Dosya arasında mevcut bilgilere göre davacının adı ne seneryo repliklerinde nede dava konusu edilen yazı metninde zikredilmiştir. Kaldı ki davacı dava konusu edilen yazının yazarı davalı ... hakkında suç duyurusunda bulunmuş, Cumhuriyet Savcılığı matufiyet unsurunun bulunmadığı ve yazı içeriğinin davacıyı küçük düşürücü mahiyette olmadığı gerekçesi ile takipsizlik kararı vermiştir.
Açıklanan bütün bu olgular çerçevesinde, ancak genel bir durum değerlendirmesi veya hayal ürünü bir teori olduğu anlaşılan yazının, mahkemece; davacıya atfen yazıldığının, O"nun kişilik haklarına saldırı niteliğinde olduğunun kabulü doğru olmamış, kararın davalılar yararına bozulması gerekmiştır.

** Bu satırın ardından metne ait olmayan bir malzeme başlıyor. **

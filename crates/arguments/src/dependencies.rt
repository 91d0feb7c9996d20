//! Decides whether dependencies in lists of any depth were found.
ghost use Rattle.std.specs.Prelude.{◌≡◌};
ghost use Rattle.arguments.specs.Dependencies.{all_found, are_found};
ghost use Rattle.values.specs.Prelude.{data_of, items_of};

use values::{Object, Value};

/// Returns whether all dependencies in a value were found. Any other value counts as found.
#[cycle(found)]
pub fn are_found(value: &Value) -> bool
    ensures { result ≡ are_found (data_of value.now) }
{
    match value {
        Value::Object(object) => match &**object {
            Object::Dependency(dependency) => dependency.is_found,
            _ => false,
        },
        Value::List(list) => all_found(list.items()),
        _ => true,
    }
}

#[cycle(found)]
fn all_found(items: &[Value]) -> bool
    ensures { result ≡ all_found (items_of items.now) }
{
    for item in items {
        if !are_found(item) {
            return false;
        }
    }
    true
}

SONUÇ: Temyiz olunan kararın, yukarıda gösterilen nedenlerle davalılar yararına BOZULMASINA; bozma nedenine göre tarafların diğer temyiz itirazlarının incelenmesine yer olmadığına, ve temyiz eden davalılardan peşin alınan harcın istek halinde geri verilmesine 08/02/2012 gününde oybirliğiyle karar verildi.